Ominous signs for public hospitals as long-term declines reach critical levels
Patients with chest pain, severe respiratory distress and acute stroke languish for hours in emergency departments while those needing cardiac surgery frequently wait months.
The performance of Australia’s hospitals is in critical long-term decline, with timely elective surgery and emergency department waiting times still having failed to recover following the Covid-19 pandemic.
The Australian Medical Association’s yearly Public Hospital Report Card shows that despite some improvements nationwide in certain categories of emergency department and elective surgery performance, and an overall increase in hospital beds, the performance of Australian public hospitals is still well below what it was before the pandemic.
And the longer-term trends are even more devastating, with public health systems fundamentally failing to meet the needs of an ageing population and the number of hospital beds per head of population for those aged over 65 the lowest on record.
“While we’ve seen a slight uptick this year, five-year trends show our hospitals buckling under increasing pressure,” said AMA president Danielle McMullen. “The stories I hear from colleagues are that they are working harder and harder to support a seemingly endless tide of patients needing care.”
The extent of the resourcing crisis facing state governments is made particularly stark in the 2025 public hospital report card, which shows that despite a substantial increase in beds, the investment still failed to keep up with overall population growth and changing demographics. People aged over 65 represent 17 per cent of Australia’s population but account for 40 per cent of instances of care in public hospitals and almost 50 per cent of patient days occupying beds.
The nation added 1607 public hospital beds in 2022-23, the latest period for which data is available, largely in NSW and Victoria.
“However, the benefits of these increased numbers are largely offset by Australia’s changing population,” the report states. “Despite 1932 new beds being made available between 2018-19 to 2022-23, the number of beds per 1000 Australians has fallen from 2.53 to 2.50. Further investment in hospital capacity is required every year of a similar size to 2022-23 to arrest the long-term decline in beds per capita.”
The number of beds per 1000 Australians aged over 65 is now the lowest on record at 14.3. It was more than double that in the early 1990s.
The small improvements in emergency department and elective surgery indicators have been welcomed by the AMA. These include improvements in the percentage of patients triaged as emergency being seen on time in EDs, an increase in the proportion of category 2 planned surgery patients being seen on time, and a drop in the median waiting time for planned surgery in some states.
But performance during 2023-24 across all indicators remained markedly worse than it was five years ago across all states and territories, raising fears that Australian public hospitals may never fully recover from the Covid-19 pandemic.
Those waiting too long for emergency department care and planned surgery include patients with severe health conditions. Nationwide, a third of all category 2 emergency department patients – whose conditions are triaged as health emergencies – had their treatment completed within the benchmark time frame of four hours.
“These are not patients with cuts and bruises,” Dr McMullen said. “ED patients who are
triaged as category 2, “emergency”, should be assessed and begin receiving treatment within 10 minutes. These are patients presenting with chest pain (likely of cardiac nature), severe respiratory distress, or acute stroke.”
Similarly, those waiting too long for elective surgery also included those on the category 2 list who needed heart valve replacements and surgeries to remedy congenital heart defects.

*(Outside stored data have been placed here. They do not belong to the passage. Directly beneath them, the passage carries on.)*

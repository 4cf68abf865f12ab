//! JSON strings, put byte by byte: nothing takes memory but what they are put to.
ghost use Rattle.std.specs.Prelude.{◌≡◌, ◌<◌, [], ◌∷◌, encode_utf8_all};
ghost use Rattle.std.specs.Char.{digit_char};
ghost use Rattle.session_lines.specs.Putting.{Puts, inside};
ghost use Rattle.session_lines.specs.Saying.{said_characters};
ghost use Rattle.session_lines.specs.Words.{comma_after, quoted};

use std::alloc::AllocError;

/// Puts bytes after what is there.
pub(crate) fn put(bytes: &[u8], out: &mut Vec<u8>) -> Result<(), AllocError>
    ensures { Puts result out.old out.new bytes.now }
{
    out.extend_from_slice(bytes)
}

/// A comma if something stands before.
pub(crate) fn comma(later: bool) -> &'static [u8]
    ensures { result.now ≡ comma_after later }
{
    if later { b"," } else { b"" }
}

/// A digit in base 16.
fn digit(n: u8) -> u8
    requires { n < 16 }
    ensures { result ≡ digit_char n }
{
    if n < 10 { b'0' + n } else { b'a' + (n - 10) }
}

/// Puts a byte as it stands in a JSON string.
#[tactic(auto, unfolding(serde_json::proofs::OnLiterals::serde_json_on_literals))]
fn put_byte(byte: u8, out: &mut Vec<u8>) -> Result<(), AllocError>
    ensures { Puts result out.old out.new (inside (byte ∷ [])) }
{
    match byte {
        b'"' => put(b"\\\"", out),
        b'\\' => put(b"\\\\", out),
        0x08 => put(b"\\b", out),
        0x0c => put(b"\\f", out),
        b'\n' => put(b"\\n", out),
        b'\r' => put(b"\\r", out),
        b'\t' => put(b"\\t", out),
        0x00..=0x1f => put(
            &[b'\\', b'u', b'0', b'0', digit(byte / 16), digit(byte % 16)],
            out,
        ),
        _ => put(&[byte], out),
    }
}

/// Puts bytes as they stand in a JSON string.
fn put_inside(bytes: &[u8], out: &mut Vec<u8>) -> Result<(), AllocError>
    ensures { Puts result out.old out.new (inside bytes.now) }
{
    for byte in bytes {
        put_byte(*byte, out)?;
    }
    Ok(())
}

/// Puts a text as a JSON string.
pub(crate) fn put_quoted(text: &str, out: &mut Vec<u8>) -> Result<(), AllocError>
    ensures { Puts result out.old out.new (quoted text.now) }
{
    put_quoted_bytes(text.as_bytes(), out)
}

/// Puts bytes of UTF-8 as a JSON string.
pub(crate) fn put_quoted_bytes(bytes: &[u8], out: &mut Vec<u8>) -> Result<(), AllocError>
    ensures { Puts result out.old out.new (quoted bytes.now) }
{
    put(b"\"", out)?;
    put_inside(bytes, out)?;
    put(b"\"", out)
}

/// Puts characters as they stand in a JSON string.
fn put_inside_characters(characters: &[char], out: &mut Vec<u8>) -> Result<(), AllocError>
    ensures { Puts result out.old out.new (inside (encode_utf8_all characters.now)) }
{
    let mut bytes = [0; 4];
    for character in characters {
        put_inside(character.encode_utf8(&mut bytes).as_bytes(), out)?;
    }
    Ok(())
}

/// Puts characters as a JSON string.
pub(crate) fn put_characters(characters: &[char], out: &mut Vec<u8>) -> Result<(), AllocError>
    ensures { Puts result out.old out.new (said_characters characters.now) }
{
    put(b"\"", out)?;
    put_inside_characters(characters, out)?;
    put(b"\"", out)
}
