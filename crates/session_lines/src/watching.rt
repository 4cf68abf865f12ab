//! What a session asks to be told of.
use crate::numbers::Numbers;

/// The documents of whose changes a session asks to be told.
#[derive(Debug, Drop)]
pub enum Watching {
    /// This one, by its number from 1 on: its lines don't name it.
    One(u32),
    /// Each of these 1 to 1,024, by their numbers from 1 on; one may stand there twice.
    These(Numbers),
    /// Each that has a settled operation, now or later.
    All,
}
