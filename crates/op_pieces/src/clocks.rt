//! Whether one clock is another one with one operation more.
ghost use Rattle.std.specs.Prelude.{◌≡◌};
ghost use Rattle.op_ids.specs.Clock.{advanced, is_same_clock, is_same_entry};

use op_ids::{Clock, ReplicaId};

/// Whether this clock is the other one with one more operation of a replica. At most 16 steps;
/// takes no memory.
pub(crate) fn is_one_more(clock: &Clock, other: &Clock, replica: ReplicaId) -> bool
    ensures { result ≡ is_same_clock clock.now (advanced other.now replica) }
{
    are_advanced(clock.entries(), other.entries(), replica)
}

fn are_advanced(
    entries: &[(ReplicaId, u64)],
    others: &[(ReplicaId, u64)],
    replica: ReplicaId,
) -> bool
    ensures { result ≡ is_same_clock entries.now (advanced others.now replica) }
{
    let [entry, rest @ ..] = entries else {
        return false;
    };
    let [other, behind @ ..] = others else {
        return is_entry(entry, replica, 1) && rest.is_empty();
    };
    if replica < other.0 {
        return is_entry(entry, replica, 1) && rest == others;
    }
    if other.0 == replica {
        return entry.0 == replica && entry.1 > 0 && entry.1 - 1 == other.1 && rest == behind;
    }
    is_entry(entry, other.0, other.1) && are_advanced(rest, behind, replica)
}

/// Whether an entry counts so many operations of a replica.
fn is_entry(entry: &(ReplicaId, u64), replica: ReplicaId, count: u64) -> bool
    ensures { result ≡ is_same_entry entry.now (replica, count) }
{
    entry.0 == replica && entry.1 == count
}
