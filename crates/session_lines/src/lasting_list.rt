//! Some places that last, of a request or an answer.
ghost use Rattle.std.specs.Prelude.{◌≡◌};

use op_model::Lasting;
use std::marker::Model;

/// Places of a text that last. Contracts see the list of them.
#[derive(Debug, Drop)]
pub struct LastingList {
    places: Vec<Lasting>,
}

impl Model for LastingList {
    ghost use Rattle.std.specs.Prelude.{List};
    ghost use Rattle.op_model.specs.declared.lasting.Lasting.{Lasting};

    ghost Value = { List Lasting };

    ghost view = { λ l. l.places.items };
}

impl From<Vec<Lasting>> for LastingList {
    ghost from_gives = { λ places result. result ≡ places.items };

    fn from(places: Vec<Lasting>) -> LastingList {
        LastingList { places }
    }
}

impl LastingList {
    /// The places, in order.
    pub fn as_slice(&self) -> &[Lasting]
        ensures { result.now ≡ self.now }
    {
        &self.places
    }
}
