//! The peers that are linked.
ghost use Rattle.std.specs.Prelude.{◌≡◌};

use list_counts::PeerCounts;
use std::marker::Model;

/// The peers that are linked. Contracts see the list of them.
#[derive(Drop)]
pub struct PeerList {
    peers: Vec<PeerCounts>,
}

impl Model for PeerList {
    ghost use Rattle.std.specs.Prelude.{List};
    ghost use Rattle.list_counts.specs.declared.peer_counts.PeerCounts.{PeerCounts};

    ghost Value = { List PeerCounts };

    ghost view = { λ p. p.peers.items };
}

impl From<Vec<PeerCounts>> for PeerList {
    ghost from_gives = { λ peers result. result ≡ peers.items };

    fn from(peers: Vec<PeerCounts>) -> PeerList {
        PeerList { peers }
    }
}

impl PeerList {
    /// The peers, in no special order.
    pub fn as_slice(&self) -> &[PeerCounts]
        ensures { result.now ≡ self.now }
    {
        &self.peers
    }
}
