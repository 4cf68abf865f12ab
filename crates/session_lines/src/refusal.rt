//! Why a request isn't served.
ghost use Rattle.std.specs.Prelude.{◌≡◌};
ghost use Rattle.session_lines.specs.declared.refusal.Refusal.TheVariants.{Memory};

use fixed_numbers::refusals::{
    BUSY, FAILED, FIELD, LIMIT, LINE, MEMORY, RANGE, REQUEST, STALE, STEPS, STOPPING, SYNTAX,
};
use std::alloc::{AllocError, AllocFailed};
use std::error::Error;
use std::fmt;

/// Why a request isn't served. Each refusal has a number and a word, which stand in its answer.
#[derive(Clone, Copy, Debug, Drop, PartialEq, Eq)]
pub enum Refusal {
    /// 1: a growth was refused.
    Memory,
    /// 2: the line isn't read as JSON.
    Syntax,
    /// 3: no such request.
    Request,
    /// 4: a field is missing, unknown or out of its rule.
    Field,
    /// 5: an index outside the visible text.
    Range,
    /// 6: the document isn't at the asked number of operations.
    Stale,
    /// 7: a limit of a request, a clock or the store.
    Limit,
    /// 8: no room for pending bytes, or too many sessions.
    Busy,
    /// 9: the device failed, or no commit could begin.
    Failed,
    /// 10: no place for kept steps.
    Steps,
    /// 11: a line over 65,536 bytes.
    Line,
    /// 12: an edit after a stop.
    Stopping,
}

impl fmt::Display for Refusal {
    fn fmt<W: fmt::Write>(&self, f: &mut fmt::Formatter<W>) -> fmt::Result {
        f.write_str(self.word())
    }
}

impl Error for Refusal {}

impl From<AllocError> for Refusal {
    ghost from_gives = { λ _ e. e ≡ Memory };

    fn from(_error: AllocError) -> Refusal {
        Refusal::Memory
    }
}

impl<T: Drop> From<AllocFailed<T>> for Refusal {
    ghost from_gives = { λ _ e. e ≡ Memory };

    fn from(_error: AllocFailed<T>) -> Refusal {
        Refusal::Memory
    }
}

impl Refusal {
    ghost use Rattle.session_lines.specs.Saying.{number_of, word_of};

    /// The number of the refusal, from 1 to 12.
    pub fn number(self) -> u8
        ensures { result ≡ number_of self }
    {
        match self {
            Refusal::Memory => MEMORY,
            Refusal::Syntax => SYNTAX,
            Refusal::Request => REQUEST,
            Refusal::Field => FIELD,
            Refusal::Range => RANGE,
            Refusal::Stale => STALE,
            Refusal::Limit => LIMIT,
            Refusal::Busy => BUSY,
            Refusal::Failed => FAILED,
            Refusal::Steps => STEPS,
            Refusal::Line => LINE,
            Refusal::Stopping => STOPPING,
        }
    }

    /// The word of the refusal, as its answer has it.
    pub fn word(self) -> &'static str
        ensures { result.now ≡ word_of self }
    {
        match self {
            Refusal::Memory => "memory",
            Refusal::Syntax => "syntax",
            Refusal::Request => "request",
            Refusal::Field => "field",
            Refusal::Range => "range",
            Refusal::Stale => "stale",
            Refusal::Limit => "limit",
            Refusal::Busy => "busy",
            Refusal::Failed => "failed",
            Refusal::Steps => "steps",
            Refusal::Line => "line",
            Refusal::Stopping => "stopping",
        }
    }
}
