//! How many operations a piece stands for, and how many bytes their records take.
ghost use Rattle.std.specs.Prelude.{◌≡◌, ◌+◌, ◌≤◌, ℕ, length};
ghost use Rattle.fixed_numbers.specs.declared.limits.TheConstants.{MAX_EDIT, MAX_REPLICAS};
ghost use Rattle.op_ids.specs.Clock.{advanced};
ghost use Rattle.op_model.specs.Records.{record_length, stream_length};
ghost use Rattle.op_pieces.specs.Pieces.{next_typed, ops_of};

use crate::piece::Piece;
use op_model::{Op, head_length, insert_length, token_length};

impl Piece {
    /// How many operations it stands for: 1 to 256. Constant.
    pub fn len(&self) -> usize
        ensures value { result ≡ length (ops_of self.now) }
        ensures within { result ≤ MAX_EDIT }
    {
        self.others().len() + 1
    }

    /// How many bytes the records of its operations take, each operation by itself. At most 16
    /// steps; takes no memory.
    pub fn records_length(&self) -> u64
        ensures value { result ≡ stream_length (ops_of self.now) }
        ensures within { result ≤ 125696 }
    {
        let others = self.others().len() as u64;
        self.first().record_length() + others * next_length(self.first())
    }
}

/// How many bytes the record of a character takes that is typed right behind this operation.
fn next_length(op: &Op) -> u64
    ensures value { (value : ℕ) → result ≡ record_length (next_typed op.now value) }
    ensures within { result ≤ 487 }
{
    head_length(next_deps(op)) + token_length(op.token.is_some()) + insert_length(true)
}

/// How many replicas its deps count: those of the operation, and its own.
#[tactic(auto, using(crate::proofs::LengthLemmas::advanced_length))]
fn next_deps(op: &Op) -> usize
    ensures value { result ≡ length (advanced op.now.deps op.now.id.replica) }
    ensures within { result ≤ MAX_REPLICAS + 1 }
{
    let len = op.deps.len();
    if op.deps.get(op.id.replica()) == 0 {
        return len + 1;
    }
    len
}
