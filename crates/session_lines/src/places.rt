//! Places that last, and where they stand, as JSON.
ghost use Rattle.std.specs.Prelude.{◌++◌, false};
ghost use Rattle.session_lines.specs.Words.{said_list};
ghost use Rattle.session_lines.specs.Putting.{Puts};
ghost use Rattle.session_lines.specs.Anchors.{id_text, lasting_text};
ghost use Rattle.session_lines.specs.Saying.{said_anchor, said_place};

use crate::numbered::put_number;
use crate::quoted::{comma, put};
use op_ids::OpId;
use op_model::{Anchor, Lasting};
use std::alloc::AllocError;
use uuid::Uuid;

/// Puts an id as text: its counter, an `@`, and its replica.
fn put_id(id: OpId, out: &mut Vec<u8>) -> Result<(), AllocError>
    ensures { Puts result out.old out.new (id_text id) }
{
    let mut buffer = Uuid::encode_buffer();
    let name = Uuid::from_bytes(id.replica().bytes())
        .hyphenated()
        .encode_lower(&mut buffer);
    put_number(id.counter(), out)?;
    put(b"@", out)?;
    put(name.as_bytes(), out)
}

/// Puts the text of a place beside a character: its side, and the character's id.
fn put_beside(side: &[u8], id: OpId, out: &mut Vec<u8>) -> Result<(), AllocError>
    ensures { Puts result out.old out.new (side.now ++ id_text id) }
{
    put(side, out)?;
    put_id(id, out)
}

/// Puts the text of a place.
fn put_lasting(place: &Lasting, out: &mut Vec<u8>) -> Result<(), AllocError>
    ensures { Puts result out.old out.new (lasting_text place.now) }
{
    match place {
        Lasting::StartOfText => put(b"start", out),
        Lasting::EndOfText => put(b"end", out),
        Lasting::Beside(Anchor::After(id)) => put_beside(b"a", *id, out),
        Lasting::Beside(Anchor::Before(id)) => put_beside(b"b", *id, out),
    }
}

/// Puts a place as a JSON string.
fn put_anchor(place: &Lasting, out: &mut Vec<u8>) -> Result<(), AllocError>
    ensures { Puts result out.old out.new (said_anchor place.now) }
{
    put(b"\"", out)?;
    put_lasting(place, out)?;
    put(b"\"", out)
}

/// Puts places, and the closing bracket.
pub(crate) fn put_anchors(places: &[Lasting], out: &mut Vec<u8>) -> Result<(), AllocError>
    ensures { Puts result out.old out.new (said_list said_anchor false places.now) }
{
    let mut later = false;
    for place in places {
        put(comma(later), out)?;
        put_anchor(place, out)?;
        later = true;
    }
    put(b"]", out)
}

/// Puts where a place stands, or that it isn't known.
fn put_place(place: Option<usize>, out: &mut Vec<u8>) -> Result<(), AllocError>
    ensures { Puts result out.old out.new (said_place place) }
{
    match place {
        Some(at) => put_number(at as u64, out),
        None => put(b"null", out),
    }
}

/// Puts where places stand, and the closing bracket.
pub(crate) fn put_places(places: &[Option<usize>], out: &mut Vec<u8>) -> Result<(), AllocError>
    ensures { Puts result out.old out.new (said_list said_place false places.now) }
{
    let mut later = false;
    for place in places {
        put(comma(later), out)?;
        put_place(*place, out)?;
        later = true;
    }
    put(b"]", out)
}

Only 71 per cent of these patients had their surgery within 90 days, according to the latest data, a steep reduction from 83 per cent pre-pandemic. “These are not patients who can afford to wait,” Dr McMullen said.
While the focus leading up to the imminent calling of a federal election has been on bulk billing and primary care, long-term arrangements for the funding of public hospitals are hanging in the balance, with the commonwealth and states having failed to sign off on the next National Health Reform Agreement, forcing an interim 12-month stopgap deal.
The AMA report highlights the tensions involved, with state governments carrying the load of overburdened hospitals that are running near or at capacity across the nation, impeding the ability to make performance improvements and clear waiting lists.
Although the federal government has agreed to fund 45 per cent of all public hospital activity in a future national funding agreement as well as lift the cap on its contribution, the state and territories cannot benefit from this commonwealth commitment without increasing the capacity of their hospitals.
Workforce shortages also loom as a critical threat to public hospitals. The AMA is calling for the creation of an independent national health workforce planning agency to address this crisis.